I started building (and am still working on) something similar in spirit back
in August: a real-time collaborative game-making tool
(<http://craftstud.io/>). I started it as a Web app using SocketStream but I
ended up switching to a downloadable native app for multiple reasons:

\- building a complex Web-based app UI is daunting and the result is often
slow or doesn't feel very native. I hope the upcoming Web Components / Shadow
DOM specs will help fix this ([http://dvcs.w3.org/hg/webcomponents/raw-
file/tip/spec/shadow...](http://dvcs.w3.org/hg/webcomponents/raw-
file/tip/spec/shadow/index.html)).
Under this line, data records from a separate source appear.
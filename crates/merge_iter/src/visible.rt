//! What a number sees of a cursor's entries.

ghost use Rattle.std.specs.Prelude.{◌≡◌, ◌<◌, ◌≤◌, ◌++◌, ◌∷◌, [], ℕ, false, true, not, List, Option, Some, None, Err, IfSome, IsOk, OnOk, OnErr, length, option_map, take};
ghost use Rattle.peb_base.specs.Cursors.{entry_at, place_in, place_from, first_place, last_place, next_place, previous_place, LeadsTo, CountsFaults, IfDamage, refusal};
ghost use Rattle.peb_base.specs.EntryRefs.{entry_of};
ghost use Rattle.peb_base.specs.declared.entry.Entry.{Entry};
ghost use Rattle.peb_base.specs.declared.read_fault.ReadFault.{ReadFault};
ghost use Rattle.merge_iter.specs.Seeing.{visible, Sees, put_at_most, puts, is_passed, is_hidden, key_after, key_of, IsAhead, IsBack, is_found, looks_back, seen};

use crate::moving::go_on;
use peb_base::{ChangeRef, Cursor, EntryRef, KeyBuf, Number, ReadFault};

/// What a number sees of a cursor's entries: of each key the newest entry at or below the number, unless
/// that is a deletion.
///
/// A call that answers a `ReadFault` leaves it at no place. No call takes memory.
#[derive(Drop)]
pub struct Visible<C: Cursor> {
    inner: C,
    number: Number,
    /// The key of the last entry at or below the number that a walk on passed; empty before the first.
    key: KeyBuf,
}

/// Whether the entry gives its key a value.
fn is_put(entry: &EntryRef<'_>) -> bool
    ensures { result ≡ puts (entry_of entry.now).change }
{
    match entry.change {
        ChangeRef::Put(_) => true,
        ChangeRef::Delete => false,
    }
}

/// Whether the entry is newer than a number, or of a key.
fn passes(entry: &EntryRef<'_>, number: u64, key: &[u8]) -> bool
    ensures { result ≡ is_passed number key.now (entry_of entry.now) }
{
    number < entry.number || entry.key == key
}
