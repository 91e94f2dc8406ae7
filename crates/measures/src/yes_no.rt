// Yes or no: whether there is a load. A value is a mark byte, 1 or 0.
ghost use Rattle.meaning.specs.Models.{yes_no};
ghost use Rattle.meaning.proofs.Lawful.{yes_no_laws};

use crate::Measure;

pub struct YesNo;

impl Measure for YesNo {
    type Value = u8;

    ghost means = { yes_no };

    ghost lawful = { yes_no_laws };

    fn zero() -> u8 {
        0
    }

    fn one() -> u8 {
        1
    }

    fn join(a: u8, b: u8) -> u8 {
        a | b
    }

    fn chain(a: u8, b: u8) -> u8 {
        a & b
    }

    fn worth(_price: u16, _count: u8) -> u8 {
        Self::one()
    }
}
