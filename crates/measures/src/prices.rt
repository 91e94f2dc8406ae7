// The lowest and the highest price of a load: none where there is no load, else a price, cut off at 4,294,967,295.
ghost use Rattle.std.specs.Prelude.{◌≡◌, ◌*◌, if◌then◌else◌, min, max, Some};
ghost use Rattle.meaning.specs.Models.{added, highest, lowest, price_by, taken};
ghost use Rattle.meaning.proofs.Lawful.{picked_laws};

use crate::Measure;

// What no load costs.
const NO_PRICE: Option<u32> = None;

// What a load of nothing costs.
const FREE: Option<u32> = Some(0);

// The sum, cut off; none where either is none.
fn sum_of_prices(a: Option<u32>, b: Option<u32>) -> Option<u32>
    ensures { result ≡ added a b }
{
    a.zip(b).map(|(x, y)| x.saturating_add(y))
}

// The price of so many projects.
fn price_of(price: u16, count: u8) -> Option<u32>
    ensures { result ≡ Some (price * count) }
{
    Some(u32::from(price) * u32::from(count))
}

// Whether the price y is taken of a and y: it is no lower, or it is no higher.
fn takes_second<const HIGHEST: bool>(a: Option<u32>, y: u32) -> bool
    ensures { (if result then Some y else a) ≡ taken (if HIGHEST then max else min) a (Some y) }
{
    if HIGHEST {
        a.unwrap_or(0) <= y
    } else {
        a.unwrap_or(u32::MAX) >= y
    }
}

// The lowest price of a load, or the highest.
pub struct Extreme<const HIGHEST: bool>;

pub type Lowest = Extreme<false>;

pub type Highest = Extreme<true>;

// The lower of two prices: what the lowest price makes of two loads.
pub fn lower(a: Option<u32>, b: Option<u32>) -> Option<u32>
    ensures { result ≡ lowest.join a b }
{
    Lowest::join(a, b)
}

// The higher of two prices: what the highest price makes of two loads.
pub fn higher(a: Option<u32>, b: Option<u32>) -> Option<u32>
    ensures { result ≡ highest.join a b }
{
    Highest::join(a, b)
}

impl<const HIGHEST: bool> Measure for Extreme<HIGHEST> {
    type Value = Option<u32>;

    ghost means = { price_by (if HIGHEST then max else min) };

    ghost lawful = { picked_laws HIGHEST };

    fn zero() -> Option<u32> {
        NO_PRICE
    }

    fn one() -> Option<u32> {
        FREE
    }

    // One of the two as it stands, so that the inner loop writes whole values and mostly only reads.
    fn join(a: Option<u32>, b: Option<u32>) -> Option<u32> {
        match b {
            Some(y) if takes_second::<HIGHEST>(a, y) => b,
            _ => a,
        }
    }

    fn chain(a: Option<u32>, b: Option<u32>) -> Option<u32> {
        sum_of_prices(a, b)
    }

    fn worth(price: u16, count: u8) -> Option<u32> {
        price_of(price, count)
    }
}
Basically they will allow proper widget
encapulsation.

\- WebSockets force a centralized approach (costs go up) and are TCP-based
which make them jerky for a lot of real-time use cases. (WebRTC will probably
fix some of this too)

I described in more details why & how I switched in this post:
[http://forums.tigsource.com/index.php?topic=22939.msg652055#...](http://forums.tigsource.com/index.php?topic=22939.msg652055#msg652055)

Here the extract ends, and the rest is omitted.